The source of copper could have been either a copper ore, filings from copper ingots, or bronze scrap and other alloys. Before the New Kingdom, evidence is scarce as to which copper source was being used, but it is believed to have been copper ores. During the New Kingdom, evidence has been found for the use of copper alloys, such as bronze, due to the presence of varying amounts of tin, arsenic, or lead found in the Egyptian blue material. The presence of tin oxide could have come from copper ores that contained tin oxide and not from the use of bronze. However, no copper ores have been found with these amounts of tin oxide. Why a switch from the use of copper ores in earlier periods, to the use of bronze scrap during the Late Bronze Age is unclear as yet.
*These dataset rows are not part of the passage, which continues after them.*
//! An object under a lock, and one history of the calls that were played on it.
//!
//! A table has two words and a slot: the lock, the tally of calls, and the object while nobody has it out. Sessions call
//! from desks, which have no bytes and can go to other threads. Each call waits for the lock, is played on the object,
//! and becomes the last entry of the history, which stands in the proofs alone. Every desk has seen a beginning of it
//! and has its own calls there. A hand is a seat with a number below 32, which a call under the lock can make.
//!
//! `Object` is what lies under the lock, `Turn` what its calls can do there, `TurnTable` has the calls.
#![tactic(auto)]

mod calls;
mod hold;
mod object;
mod open;
mod row;
mod rule;
mod table;
mod view;

pub use object::{Object, Turn};
pub use open::{MAX_DESKS, Tokens};
pub use row::{hand_row, lowest_free};
pub use table::TurnTable;
pub use view::{Dealer, Desk, DeskRole, Entry, HandRole, HandSeat, Holding, Part, Role, View};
The total alkali content in analyzed samples of Egyptian blue is greater than 1%, suggesting the alkali was introduced deliberately into the mixture and not as an impurity from other components. Sources of alkali either could have been natron from areas such as Wadi Natroun and El-Kab, or plant ash. By measuring the amounts of potash and magnesia in the samples of Egyptian blue, it is generally possible to identify which source of alkali had been used, since the plant ash contains higher amounts of potash and magnesia than the natron. However, due to the low concentration of alkali in Egyptian blue, which is a mere 4% or less, compared to glass, for example, which is at 10–20%, identifying the source is not always easy. The alkali source likely was natron, although the reasons for this assumption are unclear. However, analysis by Jaksch et al. of various samples of Egyptian blue identified variable amounts of phosphorus, suggesting the alkali source used was plant ash and not natron. Since the glass industry during the Late Bronze Age used plant ash as its source of alkali, a link in terms of the alkali used for Egyptian blue before and after the introduction of the glass industry might have been possible.